L’autore Jeffrey Eugenides, con discreta maestria, riesce ugualmente a cogliere l’attenzione del lettore, a creare l’attesa.
Le cinque sorelle Lisbon sono descritte sommariamente: ciascuna si distingue forse per un paio di caratteristiche fisiche o caratteriali, ma in realtà, il vero protagonista è il gruppo, l’unione di tutte loro. Un altro gruppo, questa volta di maschi, compagni di scuola delle giovani, costituisce la voce narrante del romanzo: costoro, volgendo lo sguardo al passato, vanno alla ricerca di una spiegazione plausibile di quanto successe all’epoca. La storia è ambientata in una non meglio precisata cittadina americana, a ridosso di un lago, intorno agli anni settanta.
È la stessa casa dei Lisbon a delineare la parabola discendente di coloro che la abitano.
Unico elemento visibile (la vita che si conduce al suo interno è preclusa alla vista dei passanti e dei vicini), l’abitazione diviene il punto focale della storia. Attorno a questa dimora, della quale si descrive via via, e assai minuziosamente, lo sfacelo, si creano congetture di ogni tipo.
Qualcosa di simile viene raccontato nel romanzo di Harper Lee “Il buio oltre la siepe”: la casa è il solo anello di congiunzione fra chi vi vive segregato ed il resto del mondo; anche in questa circostanza vi è una stretta relazione fra il declino dell’immobile e l’infelice vita condotta al suo interno.
Il primo suicidio, quello di Cecilia, la più piccola, segna il punto di non ritorno: dopo di allora, la rispettabile famiglia Lisbon non sarà più la stessa.
Dopo l’iniziale, vano, tentativo di continuare a condurre una vita normale, tutti i membri della famiglia si arrenderanno, incluse le figlie, sebbene inizialmente più riluttanti.

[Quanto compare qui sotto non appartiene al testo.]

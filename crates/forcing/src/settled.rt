// Looking ahead: the pairs of terms that may be, a bit for each left term and each set of paired right terms, and the pairs that every choice has.
// Closed terms that differ and different symbols are struck out first; where that leaves no choice, nothing is unified.
ghost use Rattle.std.specs.Prelude.{◌≡◌, [], ◌≤◌, ◌<◌, replicate, IfSome};
ghost use Rattle.table.specs.Layout.{node_count};
ghost use Rattle.nodes.specs.Code.Trail.{Trailed};
ghost use Rattle.nodes.specs.Code.Formed.{Formed};
ghost use Rattle.branches.specs.Code.Known.{left_count, KnownOf};
ghost use Rattle.branches.specs.Code.Walk.{Standing, Based, BasesAhead};
ghost use Rattle.ahead.specs.Code.Plan.{Sized, Plans};
ghost use Rattle.forcing.specs.Code.Forced.{Planned, Settles};

use crate::forced::{force, force_left};
pub use ahead::ahead::{ALL, SETS};
use ahead::ahead::{FEW, first_tried, leave};
use ahead::pairs::{strike, try_row};
use ahead::plan::plan;
use branches::known;
use branches::known::{EVERY, LEFT_COUNT, RIGHT_COUNT, RIGHT_LABELS, ROWS};
use classes::trail::GONE;

// Each round but the last strikes out a pair, and there are 64 at most.
const ROUNDS: usize = 64;

// Tries the pairs of left term i on top of the classes, and strikes out those that fail; how many rows have fewer pairs then, or None: there is no
// choice. Where one is left that the term must be paired with, the two are unified.
fn settle_row(
    nodes: &[u32],
    arguments: &[u32],
    heads: &mut [u8],
    next: &mut [u8],
    known: &mut [u8],
    i: usize,
) -> Option<usize>
    requires known_of { KnownOf nodes.now arguments.now known.old }
    requires based { Based nodes.now arguments.now known.old heads.old next.old }
    requires i_bound { i < left_count known.old }
    ensures settles { Settles nodes.now arguments.now known.old known.new heads.new next.new result }
    ensures upper_bound { IfSome result (λ n. n ≤ 1) }
{
    let row = known::at(known, ROWS + i);
    let may = try_row(nodes, arguments, known, heads, next, i);
    if may == row {
        return Some(0);
    }
    known[ROWS + i] = may as u8;
    if known[RIGHT_LABELS] != 0 {
        return Some(1);
    }
    if may == 0 {
        return None;
    }
    if !force_left(nodes, arguments, known, heads, next, i) {
        return None;
    }
    Some(1)
}

// The same of the left terms from `first` on; how many rows have fewer pairs.
fn settle_rows(
    nodes: &[u32],
    arguments: &[u32],
    heads: &mut [u8],
    next: &mut [u8],
    known: &mut [u8],
    first: usize,
) -> Option<usize>
    requires known_of { KnownOf nodes.now arguments.now known.old }
    requires based { Based nodes.now arguments.now known.old heads.old next.old }
    ensures { Settles nodes.now arguments.now known.old known.new heads.new next.new result }
{
    let n = known::at(known, LEFT_COUNT);
    let mut fewer = 0;
    for i in first..n {
        fewer += settle_row(nodes, arguments, heads, next, known, i)?;
    }
    Some(fewer)
}

// One round: unifies the pairs that every choice has, and tries the others on top of them, unless that was done and nothing was unified since.
fn settle_round(
    nodes: &[u32],
    arguments: &[u32],
    heads: &mut [u8],
    next: &mut [u8],
    known: &mut [u8],
    again: bool,
) -> Option<usize>
    requires known_of { KnownOf nodes.now arguments.now known.old }
    requires based { Based nodes.now arguments.now known.old heads.old next.old }
    ensures { Settles nodes.now arguments.now known.old known.new heads.new next.new result }
{
    let before = next[GONE];
    if !force(nodes, arguments, known, heads, next) {
        return None;
    }
    if again & (next[GONE] == before) {
        return Some(0);
    }
    settle_rows(nodes, arguments, heads, next, known, first_tried(known))
}

// Such rounds, until nothing changes: whether there may be a choice.
fn settle(
    nodes: &[u32],
    arguments: &[u32],
    heads: &mut [u8],
    next: &mut [u8],
    known: &mut [u8],
    can: &mut [u64],
) -> bool
    requires known_of { KnownOf nodes.now arguments.now known.old }
    requires based { Based nodes.now arguments.now known.old heads.old next.old × Planned known.old can.old }
    ensures { BasesAhead nodes.now arguments.now known.old known.new can.new heads.new next.new result }
{
    for rounds in 0..ROUNDS {
        let Some(fewer) = settle_round(nodes, arguments, heads, next, known, 0 < rounds) else {
            return false;
        };
        if fewer == 0 {
            return true;
        }
        if !plan(known, can) {
            return false;
        }
    }
    true
}

// Whether no pair is struck out.
fn is_whole(known: &[u8]) -> bool
    requires { Sized known.now }
{
    let n = known::at(known, LEFT_COUNT);
    let every = known[EVERY];
    known[ROWS..ROWS + n].iter().all(|row| *row == every)
}

// Fills the bits for the first time: whether there may be a choice. Where no pair is struck out and there are no right labels, every beginning
// can be completed, and the bits stay as they are.
fn plan_first(known: &[u8], can: &mut [u64]) -> bool
    requires { Sized known.now × (can.old ≡ replicate 32 18446744073709551615) }
    ensures { Plans known.now can.old can.new result }
{
    if (known[RIGHT_LABELS] == 0) & is_whole(known) {
        return true;
    }
    plan(known, can)
}

// Looks ahead: whether there may be a choice.
pub fn look_ahead(
    nodes: &[u32],
    arguments: &[u32],
    heads: &mut [u8],
    next: &mut [u8],
    known: &mut [u8],
    can: &mut [u64],
) -> bool
    requires known_of { KnownOf nodes.now arguments.now known.old }
    requires formed { Formed nodes.now arguments.now known.old heads.old × Trailed (node_count nodes.now) heads.old next.old }
    requires standing { Standing nodes.now arguments.now heads.old [] }
    requires can_value { can.old ≡ replicate 32 18446744073709551615 }
    ensures { BasesAhead nodes.now arguments.now known.old known.new can.new heads.new next.new result }
{
    if (known[LEFT_COUNT] < 2) | (known[RIGHT_COUNT] < 2) {
        leave(nodes, arguments, known);
        return true;
    }
    let joins = strike(nodes, arguments, heads, known);
    if !plan_first(known, can) {
        return false;
    }
    if joins < FEW {
        return true;
    }
    settle(nodes, arguments, heads, next, known, can)
}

S’intuisce facilmente quanto sia difficile, per le ragazzine, guadagnarsi uno scampolo di libertà, soprattutto rispetto a quella goduta, al tempo, dai maschi loro coetanei.
È invece difficile capire quanto la prigionia nella quale si riduce l’intera famiglia sia effettivamente consapevole e desiderata.
Se da una parte l’incuria devasta l’esterno della casa, dall’altra parte, al suo interno, questa si riempie di oggetti, all’inverosimile.
Tutto è permeato dalla presenza delle sorelle, costrette in angusti spazi: vestiti, prodotti di bellezza, terraglie, cibo, rifiuti, sembrano riprodursi senza posa, quasi a compensare, nell’abbondanza, la vita di chi la abita, che invece si svuota gradualmente di significato.
Tutti i tentativi di salvare Lux, Bonnie, Mary e Therese cadranno a vuoto, ed i ragazzi potranno solo continuare a fantasticare davanti alla porta di casa loro, che resterà costantemente chiusa, con le cortine abbassate.